Farmer Ames acted huffy because the cherries had all been gathered when he drove up to the kitchen door in the morning. So he merely delivered the crate containing the hens and young chicks, and having handed Rachel the basket of eggs for the setting hen, drove away again.
“Dear me! I wanted to ask him how big a pen to build for three pigs!” sighed Janet, when she heard he had gone.
“No ’count why he hes to tell yuh that! I rickon anyone like me, what’s borned and brought up on a farm in Norf Car’liny, kin help dat way, better’n an ole grumpy farmer in Noo York state,” announced Rachel.
“All right, Rach, I’ll be thankful of your advice,” replied Janet, gazing down at the squirming pigs.

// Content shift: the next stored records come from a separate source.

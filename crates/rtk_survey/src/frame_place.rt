//! The byte of a capture at which a frame begins.

ghost use Rattle.std.specs.Prelude.{◌≡◌, ◌≢◌, ◌+◌, ◌-◌, ◌^◌, ◌<◌, ◌≤◌, ◌++◌, map, length, false, Err, Some, option_map, IfOk, IfSome, IsErrOf};
ghost use Rattle.std.specs.Option.{IfNone};
ghost use Rattle.rtk_frame.specs.Frames.{final_frames, frames, shifted};
ghost use Rattle.rtk_frame.specs.Stream.{CountRises};
ghost use Rattle.rtk_survey.specs.Counting.{shown_count};
ghost use Rattle.rtk_survey.specs.FramePlaces.{place_after, IsPlaceOfFrame};
ghost use Rattle.rtk_survey.specs.Steps.Looking.{place_if_last, looked, LooksThrough};
ghost use Rattle.rtk_survey.specs.Summary.{HasRisenBy};
ghost use Rattle.rtk_survey.specs.declared.survey_fault.SurveyFault.TheVariants.{Read, Endless};

use crate::survey_fault::SurveyFault;
use rtk_frame::{Answer, Scanner, Source};
use std::alloc::Global;

/// The most bytes that one read asks for.
const PIECE: usize = 32_768;

/// The bytes of a frame besides its payload.
const AROUND_PAYLOAD: u128 = 6;

// How far a capture was looked through.
#[derive(Drop)]
struct Looking {
    // How many frames still come before the one that is looked for.
    before: u64,
    // How many bytes were fed.
    fed: u128,
}

impl Looking {
    // A frame more, with a payload of so many bytes, behind which so many bytes are pending: the byte at which it
    // begins, if it is the one that is looked for.
    fn take_frame(&mut self, payload: usize, pending: usize) -> Option<u128>
        ensures place { result ≡ place_if_last self.old.before (self.old.fed - pending - (payload + 6)) }
        ensures left { self.new ≡ looked self.old }
    {
        if self.before == 0 {
            let end = self.fed.saturating_sub(pending as u128);
            return Some(end.saturating_sub(payload as u128 + AROUND_PAYLOAD));
        }
        self.before -= 1;
        None
    }

    // Looks through a piece.
    fn take_piece(&mut self, scanner: &mut Scanner, piece: &[u8]) -> Option<u128>
        requires is_open { scanner.old.ended ≡ false }
        requires fits { self.old.fed + length piece.now < 2 ^ 128 }
        requires within { length scanner.old.pending ≤ self.old.fed }
        ensures is_open { scanner.new.ended ≡ false }
        ensures found { IfSome result (λ place. place_after self.old.before (map (shifted (self.old.fed - length scanner.old.pending))
            (final_frames (scanner.old.pending ++ piece.now))) ≡ Some place) }
        ensures none { IfNone result (LooksThrough self.old scanner.old.pending piece.now self.new scanner.new.pending) }
    {
        let mut at = 0;
        'frames: loop {
            let fed = scanner.feed(&piece[at..]);
            at += fed.used;
            self.fed += fed.used as u128;
            let Answer::Found(payload) = fed.answer else {
                return None;
            };
            let size = payload.len();
            if let Some(place) = self.take_frame(size, scanner.pending_len()) {
                return Some(place);
            }
        }
    }

    // Looks through what is left at the end of the capture.
    fn take_rest(&mut self, scanner: &mut Scanner) -> Option<u128>
        requires within { length scanner.old.pending ≤ self.old.fed }
        ensures { result ≡ place_after self.old.before (map (shifted (self.old.fed - length scanner.old.pending)) (frames scanner.old.pending)) }
    {
        'frames: while let Some(payload) = scanner.rest() {
            let size = payload.len();
            if let Some(place) = self.take_frame(size, scanner.pending_len()) {
                return Some(place);
            }
        }
        None
    }
}

// A place as it is told. It stays at the greatest `u64`.
fn shown_place(place: Option<u128>) -> Option<u64>
    ensures { result ≡ option_map shown_count place }
{
    match place {
        Some(place) => Some(place.min(u128::from(u64::MAX)) as u64),
        None => None,
    }
}

/// The byte, counted from 0, at which the frame begins that comes after so many others; `None` if there are no
/// more frames. The capture is read up to this frame, or to its end.
pub fn place_of_frame<R: Source>(
    alloc: Global,
    reader: &mut R,
    before: u64,
    max_reads: u64,
) -> Result<Option<u64>, SurveyFault>
    // Done: the place in what was read.
    ensures place { IfOk result (λ found. IsPlaceOfFrame before (R.given reader.old) (R.given reader.new) found) }
    ensures reads { R.calls reader.new ≤ R.calls reader.old + max_reads }

    // Each fault comes only if its cause is there.
    ensures read_failed { IsErrOf result Read → CountRises (R.failures reader.old) (R.failures reader.new) }
    ensures no_failed_read { result ≢ Err Read → R.failures reader.new ≡ R.failures reader.old }
    ensures endless { IsErrOf result Endless → HasRisenBy (R.calls reader.old) (R.calls reader.new) max_reads }
{
    let Ok(mut scanner) = Scanner::new(alloc) else {
        return Err(SurveyFault::OutOfMemory);
    };
    let mut looking = Looking { before, fed: 0 };
    let mut piece = vec![in alloc; 0u8; PIECE]?;
    'reads: for _made in 0..max_reads {
        let Ok(count) = reader.read(piece.as_mut_slice()) else {
            return Err(SurveyFault::Read);
        };
        if count == 0 {
            return Ok(shown_place(looking.take_rest(&mut scanner)));
        }
        if let Some(place) = looking.take_piece(&mut scanner, &piece[..count]) {
            return Ok(shown_place(Some(place)));
        }
    }
    Err(SurveyFault::Endless)
}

So Natalie and Janet occupied themselves most industriously in the building of a pig-pen for the little porkers, and in mending the old hen-house and chicken run. A separate coop was found where the setting hen might brood quietly on the eggs, and the young chicks were given their freedom of the place, because Rachel said they would grow much faster if they could run about and scratch.
But this advice had dire results, as Natalie learned, too late.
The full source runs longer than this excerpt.